* **Brief**
How many lines within the records include the word "length"? Only that number should be given.

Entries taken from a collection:

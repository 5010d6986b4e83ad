//! Known byte lists. What is expected is the SDM's.
use crate::*;
use row_table::Class;

/// What the test looks at.
#[derive(Clone, Copy, Debug, PartialEq, Eq)]
struct Seen {
    len: u8,
    rex: bool,
    w: bool,
    b: u8,
    rep: u8,
    segment: u8,
    disp: i64,
    imm: u64,
}

fn told_of(bytes: &[u8]) -> Option<Seen> {
    match scan(bytes) {
        Scan::Whole(f, len) => Some(Seen {
            len,
            rex: f.rex,
            w: f.w,
            b: f.b,
            rep: f.rep,
            segment: f.segment,
            disp: f.disp,
            imm: f.imm,
        }),
        Scan::Short | Scan::Dead => None,
    }
}

/// An instruction of which only the length is not 0 or false.
fn plain(len: u8) -> Seen {
    Seen {
        len,
        rex: false,
        w: false,
        b: 0,
        rep: 0,
        segment: 0,
        disp: 0,
        imm: 0,
    }
}

/// One with F2 or F3.
fn repeated(rep: u8, len: u8) -> Seen {
    Seen { rep, ..plain(len) }
}

/// One in a segment.
fn in_segment(segment: u8, len: u8) -> Seen {
    Seen {
        segment,
        ..plain(len)
    }
}

/// One with a displacement.
fn displaced(disp: i64, len: u8) -> Seen {
    Seen { disp, ..plain(len) }
}

/// One with an immediate.
fn immediate(imm: u64, len: u8) -> Seen {
    Seen { imm, ..plain(len) }
}

/// The same with REX.
fn rex(seen: Seen) -> Seen {
    Seen { rex: true, ..seen }
}

/// The same with REX.W.
fn wide(seen: Seen) -> Seen {
    Seen {
        w: true,
        ..rex(seen)
    }
}

/// The same with REX.B.
fn high(seen: Seen) -> Seen {
    Seen { b: 1, ..rex(seen) }
}

#[test]
fn known_instructions_are_whole(rt: HostRuntime) {
    let none = plain(0);
    let mut longest = [0x66; 15];
    longest[14] = 0x90;
    let rows: [(&[u8], Seen); 28] = [
        (&[0x31, 0xff], plain(2)),
        (&[0xf3, 0xc3], repeated(0xf3, 2)),
        // Of F2 and F3, and of 64 and 65, the last counts.
        (&[0xf3, 0xf2, 0xc3], repeated(0xf2, 3)),
        (&[0x65, 0x64, 0x8b, 0x00], in_segment(0x64, 4)),
        (&[0x66, 0x2e, 0x0f, 0x1f, 0x84, 0, 0, 0, 0, 0], plain(10)),
        (&[0xf3, 0x0f, 0x1e, 0xfa], repeated(0xf3, 4)),
        (
            &[0x48, 0xb8, 1, 2, 3, 4, 5, 6, 7, 8],
            wide(immediate(0x0807_0605_0403_0201, 10)),
        ),
        (&[0xb8, 1, 0, 0, 0], immediate(1, 5)),
        (&[0x66, 0xb8, 0x34, 0x12, 0, 0], immediate(0x1234, 4)),
        (&[0xb4, 0x05], immediate(5, 2)),
        (&[0x40, 0xb4, 0x05], rex(immediate(5, 3))),
        // A REX byte before a prefix does not count, and of two the second does.
        (&[0x48, 0x66, 0xb8, 0x34, 0x12], immediate(0x1234, 5)),
        (&[0x48, 0x41, 0xb8, 1, 0, 0, 0], high(immediate(1, 7))),
        // A SIB byte without a base, and an address relative to rip.
        (&[0x8b, 0x04, 0x25, 0, 0x10, 0, 0], displaced(0x1000, 7)),
        (&[0x48, 0x8d, 0x35, 0x10, 0, 0, 0], wide(displaced(0x10, 7))),
        (&[0x8b, 0x45, 0xf8], displaced(-8, 3)),
        (&[0x8b, 0x85, 0xf8, 0xff, 0xff, 0xff], displaced(-8, 6)),
        // An address of 8 bytes, and with 67 of 4.
        (&[0xa1, 0, 0, 1, 0, 0, 0, 0, 0], immediate(0x1_0000, 9)),
        (&[0x67, 0xa1, 0, 0, 1, 0, 0], immediate(0x1_0000, 6)),
        // TEST, of F6 and F7 the only one with an immediate; NEG.
        (&[0xf6, 0xc0, 0x05], immediate(5, 3)),
        (&[0x66, 0xf7, 0xc0, 0x34, 0x12], immediate(0x1234, 5)),
        (&[0xf7, 0xd8], plain(2)),
        // The map of 0F38.
        (&[0x0f, 0x38, 0xf0, 0x45, 0xf8], displaced(-8, 5)),
        (&[0x0f, 0x38, 0xf6, 0xc1], plain(4)),
        // CPUID and XGETBV; what is no row of an opcode that has one has a shape, too.
        (&[0x0f, 0xa2], plain(2)),
        (&[0x0f, 0x01, 0xd0], plain(3)),
        (&[0x0f, 0x01, 0x50, 0xf8], displaced(-8, 4)),
        (&longest, plain(15)),
    ];
    for (bytes, want) in rows {
        assert_eq!(rt; told_of(bytes).unwrap_or(none), want, "at {bytes:?}");
    }
}

#[test]
fn cut_and_unknown_bytes_are_told_apart(rt: HostRuntime) {
    let cut: [&[u8]; 10] = [
        &[],
        &[0x66, 0x66, 0x66],
        &[0x66; 16],
        &[0x0f],
        &[0x0f, 0x38],
        &[0x0f, 0x3a],
        &[0xf6, 0xc0],
        &[0x8b, 0x04],
        &[0x8b, 0x04, 0x25, 0, 0x10, 0],
        &[0x48, 0xb8, 1, 2, 3, 4, 5, 6, 7],
    ];
    for bytes in cut {
        assert!(rt; matches!(scan(bytes), Scan::Short), "at {bytes:?}");
    }
    let unknown: [&[u8]; 6] = [
        &[0x06],
        &[0x0f, 0x0b],
        &[0x0f, 0x58, 0xc1],
        &[0x0f, 0x38, 0xdc],
        &[0x0f, 0x3a, 0x08],
        &[0x66, 0x48, 0x27],
    ];
    for bytes in unknown {
        assert!(rt; matches!(scan(bytes), Scan::Dead), "at {bytes:?}");
    }
}

/// What VEX says: the map, pp, W, L, the bits R, X and B, vvvv and the immediate.
type Said = (u8, u8, bool, u8, (u8, u8, u8), u8, u64);

fn said_of(bytes: &[u8]) -> Option<Said> {
    match scan(bytes) {
        Scan::Whole(f, _) => match f.class {
            Class::Vex => Some((f.map, f.pp, f.w, f.l, (f.r, f.x, f.b), f.v, f.imm)),
            Class::Legacy | Class::Evex => None,
        },
        Scan::Short | Scan::Dead => None,
    }
}

#[test]
fn fields_of_vex_are_told(rt: HostRuntime) {
    let rows: [(&[u8], Said); 9] = [
        // andn %ecx, %ebx, %eax and the same of %rcx, %r15, %rax.
        (
            &[0xc4, 0xe2, 0x60, 0xf2, 0xc1],
            (2, 0, false, 0, (0, 0, 0), 3, 0),
        ),
        (
            &[0xc4, 0xe2, 0x80, 0xf2, 0xc1],
            (2, 0, true, 0, (0, 0, 0), 15, 0),
        ),
        // pext (%r8,%r9), %r10, %r11; pdep %rcx, %r15, %r8.
        (
            &[0xc4, 0x02, 0xaa, 0xf5, 0x1c, 0x08],
            (2, 2, true, 0, (1, 1, 1), 10, 0),
        ),
        (
            &[0xc4, 0x62, 0x83, 0xf5, 0xc1],
            (2, 3, true, 0, (1, 0, 0), 15, 0),
        ),
        // shlx %r9, %r10, %r11; rorx $63, (%r8), %r9.
        (
            &[0xc4, 0x42, 0xb1, 0xf7, 0xda],
            (2, 1, true, 0, (1, 0, 1), 9, 0),
        ),
        (
            &[0xc4, 0x43, 0xfb, 0xf0, 0x08, 0x3f],
            (3, 3, true, 0, (1, 0, 1), 0, 63),
        ),
        // vldmxcsr (%rax), and two bytes with R, vvvv, L and pp.
        (&[0xc5, 0xf8, 0xae, 0x10], (1, 0, false, 0, (0, 0, 0), 0, 0)),
        (&[0xc5, 0x7d, 0xae, 0x10], (1, 1, false, 1, (1, 0, 0), 0, 0)),
        (
            &[0xc5, 0x96, 0xae, 0x10],
            (1, 2, false, 1, (0, 0, 0), 13, 0),
        ),
    ];
    for (bytes, want) in rows {
        assert_eq!(rt; said_of(bytes), Some(want), "at {bytes:?}");
    }
}

#[test]
fn cut_and_unknown_bytes_of_vex_are_told_apart(rt: HostRuntime) {
    let cut: [&[u8]; 6] = [
        &[0xc5],
        &[0x48, 0xc4],
        &[0xc4, 0xe2],
        &[0xc4, 0xe3, 0x7b],
        &[0xc4, 0xe3, 0x7b, 0xf0, 0xc1],
        &[0xc5, 0xf8, 0xae, 0x5c],
    ];
    for bytes in cut {
        assert!(rt; matches!(scan(bytes), Scan::Short), "at {bytes:?}");
    }
    // Maps 0 and 4 have no row, and in the others 58 and F1 have none.
    let unknown: [&[u8]; 6] = [
        &[0xc4, 0xe0],
        &[0xc4, 0xe4],
        &[0xc4, 0xe1, 0x60, 0x58],
        &[0xc4, 0xe3, 0x60, 0xf1],
        &[0xc5, 0xf8, 0x58],
        &[0xc4, 0xe1, 0x60, 0x0f],
    ];
    for bytes in unknown {
        assert!(rt; matches!(scan(bytes), Scan::Dead), "at {bytes:?}");
    }
}

/// What EVEX says: the map, pp, W and L'L; R with R', X and B; vvvv with V'; z, b and aaa; and the displacement as it stands.
type EvexSaid = ((u8, u8, bool, u8), (u8, u8, u8), u8, (bool, bool, u8), i64);

fn evex_said_of(bytes: &[u8]) -> Option<EvexSaid> {
    match scan(bytes) {
        Scan::Whole(f, _) => match f.class {
            Class::Evex => Some((
                (f.map, f.pp, f.w, f.l),
                (f.r, f.x, f.b),
                f.v,
                (f.z, f.bc, f.aaa),
                f.disp,
            )),
            Class::Legacy | Class::Vex => None,
        },
        Scan::Short | Scan::Dead => None,
    }
}

#[test]
fn fields_of_evex_are_told(rt: HostRuntime) {
    let none = (false, false, 0);
    let rows: [(&[u8], EvexSaid); 6] = [
        // vpaddd %zmm1,%zmm0,%zmm0 and the same of %zmm29, %zmm30, %zmm31.
        (
            &[0x62, 0xf1, 0x7d, 0x48, 0xfe, 0xc1],
            ((1, 1, false, 2), (0, 0, 0), 0, none, 0),
        ),
        (
            &[0x62, 0x01, 0x0d, 0x40, 0xfe, 0xfd],
            ((1, 1, false, 2), (3, 1, 1), 30, none, 0),
        ),
        // vpaddd %xmm3,%xmm17,%xmm1{%k7}; vpaddd %ymm3,%ymm2,%ymm1{%k1}{z}.
        (
            &[0x62, 0xf1, 0x75, 0x07, 0xfe, 0xcb],
            ((1, 1, false, 0), (0, 0, 0), 17, (false, false, 7), 0),
        ),
        (
            &[0x62, 0xf1, 0x6d, 0xa9, 0xfe, 0xcb],
            ((1, 1, false, 1), (0, 0, 0), 2, (true, false, 1), 0),
        ),
        // vpaddd 4(%rsp){1to16},%zmm0,%zmm0, whose displacement stands as 1.
        (
            &[0x62, 0xf1, 0x7d, 0x58, 0xfe, 0x44, 0x24, 0x01],
            ((1, 1, false, 2), (0, 0, 0), 0, (false, true, 0), 1),
        ),
        // No row has W here, F3 and a length of 3: that is not looked at.
        (
            &[0x62, 0xf1, 0xfe, 0x68, 0xfe, 0xc1],
            ((1, 2, true, 3), (0, 0, 0), 0, none, 0),
        ),
    ];
    for (bytes, want) in rows {
        assert_eq!(rt; evex_said_of(bytes), Some(want), "at {bytes:?}");
    }
}

#[test]
fn cut_and_unknown_bytes_of_evex_are_told_apart(rt: HostRuntime) {
    let cut: [&[u8]; 7] = [
        &[0x62],
        &[0x48, 0x62],
        &[0x62, 0xf1],
        &[0x62, 0xf1, 0x7d],
        &[0x62, 0xf1, 0x7d, 0x48],
        &[0x62, 0xf1, 0x7d, 0x48, 0xfe],
        &[0x62, 0xf1, 0x7d, 0x48, 0xfe, 0x44, 0x24],
    ];
    for bytes in cut {
        assert!(rt; matches!(scan(bytes), Scan::Short), "at {bytes:?}");
    }
    // Maps 0 and 4 have no row, nor has 58 in the first; then the bit that is 0, and the bit that is 1.
    let unknown: [&[u8]; 5] = [
        &[0x62, 0xf0],
        &[0x62, 0xf4],
        &[0x62, 0xf1, 0x7c, 0x48, 0x58],
        &[0x62, 0xf9],
        &[0x62, 0xf1, 0x79],
    ];
    for bytes in unknown {
        assert!(rt; matches!(scan(bytes), Scan::Dead), "at {bytes:?}");
    }
}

* **Response area**
2